Question

A helicopter is rising up from ground with an acceleration of $g{\text{m/s}}^2$, starting from rest after raising a height $h$ it attains a velocity of $v\text{m/s}$. At this instant, a particle is now released from the helicopter. Take $t=0$ at releasing time, calculate the time $t$ when particle reaches to the ground.

• A. $\sqrt{\frac{2h}{g}}$
• B. $2\sqrt{\frac{2h}{g}}$
• C. $(1+\sqrt{2})\sqrt{\frac{2h}{g}}$
• D. $4\sqrt{\frac{2h}{g}}$

Answer 1

The correct option is C $(1+\sqrt{2})\sqrt{\frac{2h}{g}}$

For upward motion of helicopter:

From third equation of motion,

$v^2=u^2+2as$

Here, $u=0;v=v;a=g;s=h$

$v^2=0+2as$

$v=\sqrt{2gh}$

Now, for the particle, motion will be as shown in figure, and it starts moving under gravity.

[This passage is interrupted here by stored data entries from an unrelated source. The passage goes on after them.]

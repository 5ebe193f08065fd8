// What a flush makes of a slot's delta, with all memory taken.
ghost use Rattle.std.specs.Prelude.{◌≡◌, true, [], ◌∷◌, ◌++◌, IfOk, OnOk};
ghost use Rattle.delta_layer.specs.Files.{HasNoMem, is_mem, is_tiny};
ghost use Rattle.segment_list.specs.Flushes.{IsFlushOf, after_file, flushed_file};

use crate::Memory;
use column_block::Block;
use column_file::ColumnFile;
use delta_layer::DeltaLayer;
use flash_io::FileId;
use std::alloc::Global;

/// A flush of a slot's delta: its files with each block in memory as a tiny file. The tiny files of
/// the numbers from `from` on, and below `next`, are to be written before the flush is put.
#[derive(Drop)]
pub struct Flush {
    /// The files of the delta once it is flushed.
    pub layer: DeltaLayer,
    /// The number of the first block.
    pub from: FileId,
    /// The first number that the blocks leave free.
    pub next: FileId,
}

// A block with the same versions, which are shared.
fn whole(block: &Block, alloc: Global) -> Result<Block, Memory>
    ensures { IfOk result (λ whole. whole ≡ block.now) }
{
    let mut whole = Block::new(alloc);
    match whole.append(block) {
        Ok(()) => Ok(whole),
        Err(_) => Err(Memory),
    }
}

// A file once it is flushed, where a block takes this number.
fn flushed(file: &ColumnFile, number: FileId, alloc: Global) -> Result<ColumnFile, Memory>
    ensures { IfOk result (λ flushed. flushed ≡ flushed_file number file.now) }
{
    match file {
        ColumnFile::Mem { block } => {
            let block = whole(block, alloc)?;
            Ok(ColumnFile::Tiny {
                file: number,
                block,
            })
        }
        ColumnFile::Tiny { file, block } => {
            let block = whole(block, alloc)?;
            Ok(ColumnFile::Tiny { file: *file, block })
        }
        ColumnFile::DeleteRange { range } => Ok(ColumnFile::DeleteRange { range: *range }),
    }
}

// The number for the next block. `Memory` comes where there is none.
fn number_after(file: &ColumnFile, number: FileId) -> Result<FileId, Memory>
    ensures { IfOk result (λ next. next ≡ after_file number file.now) }
{
    match file {
        ColumnFile::Mem { .. } => match number.checked_add(1) {
            Some(next) => Ok(next),
            None => Err(Memory),
        },
        ColumnFile::Tiny { .. } => Ok(number),
        ColumnFile::DeleteRange { .. } => Ok(number),
    }
}

/// Whether a file is a block in memory.
pub fn is_mem(file: &ColumnFile) -> bool
    ensures { result ≡ is_mem file.now }
{
    match file {
        ColumnFile::Mem { .. } => true,
        ColumnFile::Tiny { .. } => false,
        ColumnFile::DeleteRange { .. } => false,
    }
}

/// Whether a file is a tiny one.
pub fn is_tiny(file: &ColumnFile) -> bool
    ensures { result ≡ is_tiny file.now }
{
    match file {
        ColumnFile::Mem { .. } => false,
        ColumnFile::Tiny { .. } => true,
        ColumnFile::DeleteRange { .. } => false,
    }
}

// Adds a file to a layer.
fn append(layer: &mut DeltaLayer, file: ColumnFile) -> Result<(), Memory>
    requires { is_tiny file ≡ true → HasNoMem layer.old }
    ensures { OnOk result (layer.new ≡ layer.old ++ file ∷ []) }
{
    match layer.append(file) {
        Ok(()) => Ok(()),
        Err(_) => Err(Memory),
    }
}

/// The flush of a delta, whose blocks in memory get the numbers from this one on. `Memory` comes too
/// where the numbers don't suffice.
pub fn flush_of(layer: &DeltaLayer, from: FileId, alloc: Global) -> Result<Flush, Memory>
    ensures from { IfOk result (λ flush. flush.from ≡ from) }
    ensures flush { IfOk result (IsFlushOf layer.now) }
{
    let mut new = DeltaLayer::new(alloc);
    let mut next = from;
    for i in 0..layer.files() {
        let file = flushed(layer.file(i), next, alloc)?;
        next = number_after(layer.file(i), next)?;
        append(&mut new, file)?;
    }
    Ok(Flush {
        layer: new,
        from,
        next,
    })
}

So, from second equation of motion,

$s_1=u_{1}t+\frac{1}{2}{a}_1{t}^2$

Here, $u_1=v=\sqrt{2gh};s_1=-h;a_1=-g$

$\Rightarrow -h=\sqrt{2gh}t-\frac{1}{2}g{t}^2$

$\frac{1}{2}g{t}^2-\sqrt{2gh}t-h=0$

So, value of $t$ will be,

$t=\frac{\sqrt{2gh}\pm \sqrt{2gh-(4\times \frac{g}{2}\times (-h)})}{2\times \frac{g}{2}}$

$t=\sqrt{\frac{2h}{g}}(1\pm \sqrt{2})$

Since, $t$ can't be negative,

$\therefore t=\sqrt{\frac{2h}{g}}(1+\sqrt{2})$

Hence, option $\left(\text{C}\right)$ is correct.